//! Exported to C and Rust: the combination `and_not` at one index.
#![tactic(auto, using(masks::proofs::refusal::ClauseLaws::answered), unfolding(masks::specs::equations::AtIndex::and_not_at_of))]

ghost use Rattle.std.specs.Prelude.{◌≡◌};
ghost use Rattle.masks.specs.equations.AtIndex.{and_not_at_of};
ghost use Rattle.capi.specs.Answers.{as_flag};
ghost use Rattle.capi.specs.Records.{optional_in};

use crate::answers::FlagAnswer;
use crate::records::{Mask, optional_in};
use masks::at_index::and_not_at;

/// Returns whether the flag at `index` is set in the first mask and not in the second. If `first_present` is false there is no first
/// mask, which means all ones; if `second_present` is false there is no second mask, which means all zeros. The record and bytes of an
/// absent mask are not read. Refusal 5 occurs only with both masks; without any mask nothing is refused.
///
/// ```
/// use poruwhina::calls::{and_not_at, try_new};
///
/// let mask = try_new(&[0], 0, 6).mask;
/// assert!(and_not_at(true, mask, &[0x2D], true, mask, &[0x01], 2).value);
/// assert!(!and_not_at(true, mask, &[0x2D], true, mask, &[0x01], 0).value);
/// assert!(and_not_at(false, mask, &[], false, mask, &[], 9).value);
/// assert_eq!(and_not_at(true, mask, &[0x2D], false, mask, &[], 6).refusal, 6);
/// ```
#[unsafe(no_mangle)]
pub extern "C" fn pw_and_not_at(
    first_present: bool,
    first: Mask,
    first_bytes: &[u8],
    second_present: bool,
    second: Mask,
    second_bytes: &[u8],
    index: usize,
) -> FlagAnswer
    ensures { result ≡
        as_flag (and_not_at_of (optional_in first_present first) first_bytes.now (optional_in second_present second)
        second_bytes.now index) }
{
    and_not_at(
        optional_in(first_present, first),
        first_bytes,
        optional_in(second_present, second),
        second_bytes,
        index,
    )
    .into()
}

ASSIGNED TASK:
Please return every line of the records that contains the word "masks".

EXERCISE ANSWER:
#![tactic(auto, using(masks::proofs::refusal::ClauseLaws::answered), unfolding(masks::specs::equations::AtIndex::and_not_at_of))]
ghost use Rattle.masks.specs.equations.AtIndex.{and_not_at_of};
use masks::at_index::and_not_at;
/// absent mask are not read. Refusal 5 occurs only with both masks; without any mask nothing is refused.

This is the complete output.